▸ Task requirements
Give the listing again in full, exactly as written.

▸ Data under study
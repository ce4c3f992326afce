//! Lines of a file of intents, written as a schedule has them.
ghost use Rattle.std.specs.Prelude.{◌≡◌, ◌++◌, OnOk, IfOk};
ghost use Rattle.std.specs.Option.{option_map};
ghost use Rattle.cmd_schedule.specs.Gives.{left};
ghost use Rattle.cmd_schedule.specs.Reading.{cut_of};
ghost use Rattle.cmd_intents.specs.Files;
ghost use Rattle.cmd_intents.specs.Files.{ending_of, heading_as_schedule, heading_by, heading_of, line_as_schedule, line_by, with_rest};

use base_io::{Bytes, NoMemory};
use cmd_schedule::{LineFault, cut_word, spelled};
use std::alloc::Global;

/// The most `intent` lines of a file, and the most `resolve` lines.
pub const MOST_LINES: u64 = 1_000;

/// What a line asks for.
#[derive(Clone, Copy, Debug, PartialEq, Eq)]
pub enum LineKind {
    /// A line that schedules have too.
    Plain,
    /// A message that is an intent.
    Intent,
    /// What became of a device's intents is to be resolved.
    Resolve,
}

// What a line with this first word asks for.
fn kind_of(word: &str) -> LineKind
    ensures { result ≡ Files.kind_of word.now }
{
    match word {
        "intent" => LineKind::Intent,
        "resolve" => LineKind::Resolve,
        _ => LineKind::Plain,
    }
}

// A word, and what follows the space after it.
fn push_with_rest(text: &mut Bytes, word: &str, rest: Option<&str>) -> Result<(), NoMemory>
    ensures { OnOk result (text.new.items ≡ text.old.items ++ with_rest word.now (left rest.entry)) }
{
    text.append(word.as_bytes())?;
    match rest {
        Some(rest) => {
            text.push(b' ')?;
            text.append(rest.as_bytes())
        }
        None => Ok(()),
    }
}

/// The LF of a line that has one.
pub(crate) fn push_ending(text: &mut Bytes, ended: bool) -> Result<(), NoMemory>
    ensures { OnOk result (text.new.items ≡ text.old.items ++ ending_of ended) }
{
    if ended { text.push(b'\n') } else { Ok(()) }
}

/// What a line asks for.
pub(crate) fn kind_of_line(line: &[u8], ended: bool) -> Result<LineKind, NoMemory>
    ensures { IfOk result (λ kind. kind ≡ Files.kind_of_line (record { bytes = line.now; ended = ended })) }
{
    match spelled(line, ended) {
        Ok(text) => Ok(kind_of(cut_word(text).0)),
        Err(LineFault::Reason(_)) => Ok(LineKind::Plain),
        Err(LineFault::NoMemory) => Err(NoMemory),
    }
}

// A line that is ended and UTF-8.
fn push_spelled(text: &mut Bytes, line: &str) -> Result<(), NoMemory>
    ensures { OnOk result (text.new.items ≡ text.old.items ++ line_by (Files.kind_of (cut_of line.now).front) line.now) }
{
    let (word, rest) = cut_word(line);
    match kind_of(word) {
        LineKind::Plain => text.append(line.as_bytes()),
        LineKind::Intent => push_with_rest(text, "say", rest),
        LineKind::Resolve => push_with_rest(text, "catchup", rest),
    }
}

// A line without its LF.
fn push_unended(text: &mut Bytes, line: &[u8], ended: bool) -> Result<(), NoMemory>
    ensures { OnOk result (text.new.items ≡ text.old.items ++ line_by (Files.kind_of_line (record { bytes = line.now; ended = ended })) line.now) }
{
    match spelled(line, ended) {
        Ok(spelled) => push_spelled(text, spelled),
        Err(LineFault::Reason(_)) => text.append(line),
        Err(LineFault::NoMemory) => Err(NoMemory),
    }
}

/// A line as a schedule has it.
pub(crate) fn push_line(text: &mut Bytes, line: &[u8], ended: bool) -> Result<(), NoMemory>
    ensures { OnOk result (text.new.items ≡ text.old.items ++ line_as_schedule (record { bytes = line.now; ended = ended })) }
{
    push_unended(text, line, ended)?;
    push_ending(text, ended)
}

// What follows `xmpp-intents` in line 1, as a schedule has it.
fn heading_by(alloc: Global, words: &str) -> Result<Option<Bytes>, NoMemory>
    ensures { IfOk result (λ heading. option_map (λ b. b.items) heading ≡ heading_by (cut_of words.now)) }
{
    let (version, rest) = cut_word(words);
    if version != "1" {
        return Ok(None);
    }
    let mut text = Bytes::new(alloc);
    push_with_rest(&mut text, "xmpp-schedule 2 wire", rest)?;
    Ok(Some(text))
}

// Line 1 as a schedule has it, of its text.
fn heading_of(alloc: Global, line: &str) -> Result<Option<Bytes>, NoMemory>
    ensures { IfOk result (λ heading. option_map (λ b. b.items) heading ≡ heading_of (cut_of line.now)) }
{
    let (name, rest) = cut_word(line);
    if name != "xmpp-intents" {
        return Ok(None);
    }
    match rest {
        Some(words) => heading_by(alloc, words),
        None => Ok(None),
    }
}

/// Line 1 as a schedule has it. `None` exactly where it isn't a file's of intents.
pub(crate) fn heading(alloc: Global, line: &[u8]) -> Result<Option<Bytes>, NoMemory>
    ensures { IfOk result (λ heading. option_map (λ b. b.items) heading ≡ heading_as_schedule line.now) }
{
    match spelled(line, true) {
        Ok(text) => heading_of(alloc, text),
        Err(LineFault::Reason(_)) => Ok(None),
        Err(LineFault::NoMemory) => Err(NoMemory),
    }
}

▸ Response
repository ce4c3f992326afce
//! Lines of a file of intents, written as a schedule has them.
ghost use Rattle.std.specs.Prelude.{◌≡◌, ◌++◌, OnOk, IfOk};
ghost use Rattle.std.specs.Option.{option_map};
ghost use Rattle.cmd_schedule.specs.Gives.{left};
ghost use Rattle.cmd_schedule.specs.Reading.{cut_of};
ghost use Rattle.cmd_intents.specs.Files;
ghost use Rattle.cmd_intents.specs.Files.{ending_of, heading_as_schedule, heading_by, heading_of, line_as_schedule, line_by, with_rest};

use base_io::{Bytes, NoMemory};
use cmd_schedule::{LineFault, cut_word, spelled};
use std::alloc::Global;

/// The most `intent` lines of a file, and the most `resolve` lines.
pub const MOST_LINES: u64 = 1_000;

/// What a line asks for.
#[derive(Clone, Copy, Debug, PartialEq, Eq)]
pub enum LineKind {
    /// A line that schedules have too.
    Plain,
    /// A message that is an intent.
    Intent,
    /// What became of a device's intents is to be resolved.
    Resolve,
}

// What a line with this first word asks for.
fn kind_of(word: &str) -> LineKind
    ensures { result ≡ Files.kind_of word.now }
{
    match word {
        "intent" => LineKind::Intent,
        "resolve" => LineKind::Resolve,
        _ => LineKind::Plain,
    }
}

// A word, and what follows the space after it.
fn push_with_rest(text: &mut Bytes, word: &str, rest: Option<&str>) -> Result<(), NoMemory>
    ensures { OnOk result (text.new.items ≡ text.old.items ++ with_rest word.now (left rest.entry)) }
{
    text.append(word.as_bytes())?;
    match rest {
        Some(rest) => {
            text.push(b' ')?;
            text.append(rest.as_bytes())
        }
        None => Ok(()),
    }
}

/// The LF of a line that has one.
pub(crate) fn push_ending(text: &mut Bytes, ended: bool) -> Result<(), NoMemory>
    ensures { OnOk result (text.new.items ≡ text.old.items ++ ending_of ended) }
{
    if ended { text.push(b'\n') } else { Ok(()) }
}

/// What a line asks for.
pub(crate) fn kind_of_line(line: &[u8], ended: bool) -> Result<LineKind, NoMemory>
    ensures { IfOk result (λ kind. kind ≡ Files.kind_of_line (record { bytes = line.now; ended = ended })) }
{
    match spelled(line, ended) {
        Ok(text) => Ok(kind_of(cut_word(text).0)),
        Err(LineFault::Reason(_)) => Ok(LineKind::Plain),
        Err(LineFault::NoMemory) => Err(NoMemory),
    }
}

// A line that is ended and UTF-8.
fn push_spelled(text: &mut Bytes, line: &str) -> Result<(), NoMemory>
    ensures { OnOk result (text.new.items ≡ text.old.items ++ line_by (Files.kind_of (cut_of line.now).front) line.now) }
{
    let (word, rest) = cut_word(line);
    match kind_of(word) {
        LineKind::Plain => text.append(line.as_bytes()),
        LineKind::Intent => push_with_rest(text, "say", rest),
        LineKind::Resolve => push_with_rest(text, "catchup", rest),
    }
}

// A line without its LF.
fn push_unended(text: &mut Bytes, line: &[u8], ended: bool) -> Result<(), NoMemory>
    ensures { OnOk result (text.new.items ≡ text.old.items ++ line_by (Files.kind_of_line (record { bytes = line.now; ended = ended })) line.now) }
{
    match spelled(line, ended) {
        Ok(spelled) => push_spelled(text, spelled),
        Err(LineFault::Reason(_)) => text.append(line),
        Err(LineFault::NoMemory) => Err(NoMemory),
    }
}

/// A line as a schedule has it.
pub(crate) fn push_line(text: &mut Bytes, line: &[u8], ended: bool) -> Result<(), NoMemory>
    ensures { OnOk result (text.new.items ≡ text.old.items ++ line_as_schedule (record { bytes = line.now; ended = ended })) }
{
    push_unended(text, line, ended)?;
    push_ending(text, ended)
}

// What follows `xmpp-intents` in line 1, as a schedule has it.
fn heading_by(alloc: Global, words: &str) -> Result<Option<Bytes>, NoMemory>
    ensures { IfOk result (λ heading. option_map (λ b. b.items) heading ≡ heading_by (cut_of words.now)) }
{
    let (version, rest) = cut_word(words);
    if version != "1" {
        return Ok(None);
    }
    let mut text = Bytes::new(alloc);
    push_with_rest(&mut text, "xmpp-schedule 2 wire", rest)?;
    Ok(Some(text))
}

// Line 1 as a schedule has it, of its text.
fn heading_of(alloc: Global, line: &str) -> Result<Option<Bytes>, NoMemory>
    ensures { IfOk result (λ heading. option_map (λ b. b.items) heading ≡ heading_of (cut_of line.now)) }
{
    let (name, rest) = cut_word(line);
    if name != "xmpp-intents" {
        return Ok(None);
    }
    match rest {
        Some(words) => heading_by(alloc, words),
        None => Ok(None),
    }
}

/// Line 1 as a schedule has it. `None` exactly where it isn't a file's of intents.
pub(crate) fn heading(alloc: Global, line: &[u8]) -> Result<Option<Bytes>, NoMemory>
    ensures { IfOk result (λ heading. option_map (λ b. b.items) heading ≡ heading_as_schedule line.now) }
{
    match spelled(line, true) {
        Ok(text) => heading_of(alloc, text),
        Err(LineFault::Reason(_)) => Ok(None),
        Err(LineFault::NoMemory) => Err(NoMemory),
    }
}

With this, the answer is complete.